§ **Given records**:
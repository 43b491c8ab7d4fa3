//! What an evaluation reads off numbers, texts and names: the arithmetic of 63 bits, comparisons,
//! the sizes and bytes of texts, and what the nodes of a program name.
#![tactic(auto)]

mod compare;
mod names;
mod number;
mod text;

pub use compare::comparison;
pub use names::{constructor_place, field_place, operation, operation_arity, target};
pub use number::{arithmetic, wrapped};
pub use text::{byte_at, byte_of, decimal, join, text_order, text_words};
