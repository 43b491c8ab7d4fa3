//! How functions are made, and the names that their bodies begin with.
ghost use Rattle.std.specs.Prelude.{◌≡◌, ◌+◌, ◌++◌, IfOk, OnOk, Some};
ghost use Rattle.ml_meaning.specs.Evaluation as m;
ghost use Rattle.ml_meaning.specs.declared.event.Event.{Event};
ghost use Rattle.ml_values.specs.Givings.{Plainly};
ghost use Rattle.ml_values.specs.Shown.{names, values, values_list};
ghost use Rattle.ml_steps.specs.Left.{Nexts, closed_env, closing_run, closure_run, own_name_of};
ghost use Rattle.ml_steps.specs.Worlds.{setting_of};

use crate::finish::finish;
use crate::frame::{Here, Next};
use crate::world::World;
use ml_functions::Function;
use ml_meaning::Event;
use ml_values::{Code, Env, Word, Words, and, bind, local, made};
use oxml_base::NoMemory;

/// The values of the captures, in their order.
fn captured<'t, 'a>(
    world: World<'t, 'a>,
    captures: &[u32],
    env: Env<'a>,
) -> Result<Words<'a>, NoMemory>
    ensures { IfOk result (λ words. m.captured Event (setting_of world.entry) captures.now (names env.entry) ≡ Some (values_list words)) }
{
    let mut words = Words::Empty;
    for name in captures.iter().rev() {
        let Some(word) = local(env, *name) else {
            return Err(NoMemory);
        };
        words = and(world.tools.bump, word, words)?;
    }
    Ok(words)
}

/// The function of a node is made; one without captures is no block.
pub fn closure<'t, 'a>(
    world: World<'t, 'a>,
    told: &mut Vec<Event>,
    node: u32,
    here: Here<'a>,
) -> Result<Next<'a>, NoMemory>
    ensures { Nexts (setting_of world.entry) told.old.items told.new.items result (closure_run (setting_of world.entry) node here.entry) }
{
    let Some(function) = world.functions.at(node) else {
        return Err(NoMemory);
    };
    close_over(world, told, node, function.captures, here)
}

/// A function of a node with these captures is made.
fn close_over<'t, 'a>(
    world: World<'t, 'a>,
    told: &mut Vec<Event>,
    node: u32,
    captures: &[u32],
    here: Here<'a>,
) -> Result<Next<'a>, NoMemory>
    ensures { Nexts (setting_of world.entry) told.old.items told.new.items result (closing_run (setting_of world.entry) node captures.now here.entry) }
{
    let words = captured(world, captures, here.env)?;
    tell_made(told, node, captures)?;
    finish(
        told,
        here.mode,
        Word::Function(Code::Source(node), words, Words::Empty),
    )
}

/// Tells that a function with these captures is made, where it has any.
fn tell_made(told: &mut Vec<Event>, node: u32, captures: &[u32]) -> Result<(), NoMemory>
    ensures { Plainly (λ s. OnOk result (told.new.items ≡ told.old.items ++ m.function_made Event s node captures.now)) }
{
    if captures.len() == 0 {
        return Ok(());
    }
    made(told, node, words_of(captures.len())?)
}

/// The words of a function with so many captures.
fn words_of(captures: usize) -> Result<u64, NoMemory>
    ensures { IfOk result (λ words. words ≡ captures + 2) }
{
    match (captures as u64).checked_add(2) {
        Some(words) => Ok(words),
        None => Err(NoMemory),
    }
}

/// The name of the function itself, where it is recursive.
fn own_env<'t, 'a>(
    world: World<'t, 'a>,
    node: u32,
    own: Option<u32>,
    captured: Words<'a>,
) -> Result<Env<'a>, NoMemory>
    ensures { IfOk result (λ env. names env ≡ own_name_of (setting_of world.entry) node own (values captured.entry)) }
{
    match own {
        Some(own) => {
            let word = Word::Function(Code::Source(node), captured, Words::Empty);
            bind(world.tools.bump, own, word, Env::Nothing)
        }
        None => Ok(Env::Nothing),
    }
}

/// The names of a function's own and of its captures.
pub fn closed<'t, 'a>(
    world: World<'t, 'a>,
    node: u32,
    function: Function<'a>,
    captured: Words<'a>,
) -> Result<Env<'a>, NoMemory>
    ensures { IfOk result (λ env. names env ≡ closed_env (setting_of world.entry) node function.entry.own function.entry.captures.now (values_list captured.entry)) }
{
    let mut env = own_env(world, node, function.own, captured)?;
    let mut rest = captured;
    for name in function.captures {
        let Words::And(pair) = rest else {
            return Err(NoMemory);
        };
        env = bind(world.tools.bump, *name, pair.first, env)?;
        rest = pair.rest;
    }
    Ok(env)
}
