//! What is left to do behind the expression that is being evaluated.
ghost use Rattle.std.specs.Prelude.{◌≡◌, length, slice_get, []};
ghost use Rattle.std.specs.Option.{option_map};
ghost use Rattle.ml_meaning.specs.declared.event.Event.{Event};
ghost use Rattle.ml_meaning.specs.Tellings.{Setting};
ghost use Rattle.ml_values.specs.declared.told.Mode.TheVariants.{Inner};
ghost use Rattle.ml_steps.specs.Left.{bind_value, followed, frame_run, inner_run, next_run, part_run, parts_runs, step_run, then_run};

use ml_meaning::Ending;
use ml_tree::{Arm, BinOp, Bind, Expr, FieldExpr, Op};
use ml_values::{Env, Mode, Word, Words};

/// Where an expression stands: whether in tail position, with which names, and with how much fuel
/// for its calls.
#[derive(Clone, Copy)]
pub struct Here<'a> {
    pub mode: Mode,
    pub env: Env<'a>,
    pub fuel: u64,
}

impl<'a> Here<'a> {
    /// The same place, but not in tail position.
    pub fn inner(self) -> Here<'a>
        ensures mode { result.mode ≡ Inner }
        ensures env { result.env ≡ self.entry.env }
        ensures fuel { result.fuel ≡ self.entry.fuel }
    {
        Here {
            mode: Mode::Inner,
            env: self.env,
            fuel: self.fuel,
        }
    }

    /// The same place with other names.
    pub fn with(self, env: Env<'a>) -> Here<'a>
        ensures mode { result.mode ≡ self.entry.mode }
        ensures env { result.env ≡ env.entry }
        ensures fuel { result.fuel ≡ self.entry.fuel }
    {
        Here {
            mode: self.mode,
            env,
            fuel: self.fuel,
        }
    }
}

/// Parts that are evaluated right to left.
#[derive(Clone, Copy)]
pub enum Parts<'a> {
    One(&'a Expr),
    Two(&'a Expr, &'a Expr),
    Many(&'a [Expr]),
    Fields(&'a [FieldExpr]),
    /// What bindings bind; one with parameters is a function.
    Binds(&'a [Bind]),
}

/// What is evaluated for a part.
#[derive(Clone, Copy)]
pub enum Part<'a> {
    Evaluate(&'a Expr),
    /// The function of this node is made.
    Close(u32),
}

fn bound_part<'a>(bind: &'a Bind) -> Part<'a>
    ensures { (s : Setting Event) → part_run s result ≡ bind_value s bind.entry.now }
{
    if bind.params.len() == 0 {
        return Part::Evaluate(&bind.body);
    }
    Part::Close(bind.pat.id)
}

impl<'a> Parts<'a> {
    /// How many there are.
    pub fn len(self) -> usize
        ensures { (s : Setting Event) → result ≡ length (parts_runs s self.entry) }
    {
        match self {
            Parts::One(_) => 1,
            Parts::Two(_, _) => 2,
            Parts::Many(list) => list.len(),
            Parts::Fields(list) => list.len(),
            Parts::Binds(list) => list.len(),
        }
    }

    /// The part at this place; `None` where there are not as many.
    pub fn get(self, at: usize) -> Option<Part<'a>>
        ensures { (s : Setting Event) → option_map (part_run s) result ≡ slice_get (parts_runs s self.entry) at }
    {
        match self {
            Parts::One(only) => if at == 0 {
                Some(Part::Evaluate(only))
            } else {
                None
            },
            Parts::Two(one, other) => match at {
                0 => Some(Part::Evaluate(one)),
                1 => Some(Part::Evaluate(other)),
                _ => None,
            },
            Parts::Many(list) => match list.get(at) {
                Some(e) => Some(Part::Evaluate(e)),
                None => None,
            },
            Parts::Fields(list) => match list.get(at) {
                Some(field) => Some(Part::Evaluate(&field.expr)),
                None => None,
            },
            Parts::Binds(list) => match list.get(at) {
                Some(bind) => Some(bound_part(bind)),
                None => None,
            },
        }
    }
}

/// What is done with the values of all parts.
#[derive(Clone, Copy)]
pub enum Finish<'a> {
    /// A block of this place is made.
    Build(u32, u32),
    /// A record is made, its parts in the order of the declaration.
    Record(u32, &'a [FieldExpr]),
    Operate(u32, Op),
    /// The function is evaluated, and applied to them.
    Apply(u32, &'a Expr),
    /// They are bound in the body.
    Bind(&'a [Bind], &'a Expr),
    /// A block is overwritten by one of this place.
    Overwrite(u32, u32),
}

/// What is done with the value that is being evaluated.
#[derive(Clone, Copy)]
pub enum Then<'a> {
    /// It is a part; `left` parts before it are still to be evaluated, and the values behind it are
    /// there.
    Parts {
        parts: Parts<'a>,
        left: usize,
        done: Words<'a>,
        last: Finish<'a>,
    },
    /// It is an element of a list literal, before this tail; `left` elements stand before it.
    Chain {
        node: u32,
        items: &'a [Expr],
        left: usize,
        tail: Word<'a>,
    },
    /// It is let go, and the expressions from this one on follow.
    Sequence(&'a [Expr], usize),
    /// It is the right operand, and the left one follows.
    Left(u32, BinOp, &'a Expr),
    /// It is the left operand of this right one.
    Operator(u32, BinOp, Word<'a>),
    /// It is a function, applied to these arguments.
    Callee(u32, Words<'a>),
    /// It is what a call gave, applied to the arguments that are left.
    Rest(u32, Words<'a>),
    Project(Option<u32>),
    Negate,
    Branch(&'a Expr, Option<&'a Expr>),
    BoolAnd(&'a Expr),
    BoolOr(&'a Expr),
    Choose(&'a [Arm]),
    /// It is the guard of an arm: with these names its body follows, and else the arms from `next`
    /// on are tried for the scrutinee.
    Guard {
        body: &'a Expr,
        env: Env<'a>,
        arms: &'a [Arm],
        next: usize,
        scrutinee: Word<'a>,
    },
    /// It is the value of the whole.
    Finish,
    /// The region was closed before it; the call of this weight is left.
    Exclave(u64),
    /// The region of a borrow is closed, and it is the value of the whole.
    Borrow,
}

#[derive(Clone, Copy)]
pub struct Frame<'a> {
    pub then: Then<'a>,
    pub here: Here<'a>,
}

/// What is done next.
#[derive(Clone, Copy)]
pub enum Next<'a> {
    Visit(&'a Expr, Here<'a>),
    /// The function of this node is made.
    Close(u32, Here<'a>),
    /// The arms are tried for this value.
    Choose(&'a [Arm], Word<'a>, Here<'a>),
    /// This is the value of what was evaluated.
    Give(Word<'a>),
    Stop(Ending),
}

/// What comes of a step: what is done next, and what is left to do behind that.
#[derive(Clone, Copy)]
pub struct Step<'a> {
    pub next: Next<'a>,
    pub frame: Option<Frame<'a>>,
}

/// A step with nothing more behind it.
pub fn go_on<'a>(next: Next<'a>) -> Step<'a>
    ensures { (s : Setting Event) → step_run s result ≡ next_run s next.entry }
{
    Step { next, frame: None }
}

/// A step with this to do behind it.
pub fn go_on_then<'a>(next: Next<'a>, then: Then<'a>, here: Here<'a>) -> Step<'a>
    ensures { (s : Setting Event) → step_run s result ≡ followed (next_run s next.entry) (then_run s then.entry here.entry) }
{
    Step {
        next,
        frame: Some(Frame { then, here }),
    }
}

/// A step that evaluates an expression, and then does more with its value.
pub fn evaluate_then<'a>(e: &'a Expr, then: Then<'a>, here: Here<'a>) -> Step<'a>
    ensures { (s : Setting Event) → step_run s result ≡ followed (inner_run s e.entry.now here.entry) (then_run s then.entry here.entry) }
{
    go_on_then(Next::Visit(e, here.inner()), then, here)
}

§ **Your assignment**: Using the material above, find each line that holds "else" and copy that line.

§ **Answer to the exercise**:
        let Some(word) = local(env, *name) else {
    let Some(function) = world.functions.at(node) else {
        let Words::And(pair) = rest else {
            } else {
    /// It is the guard of an arm: with these names its body follows, and else the arms from `next`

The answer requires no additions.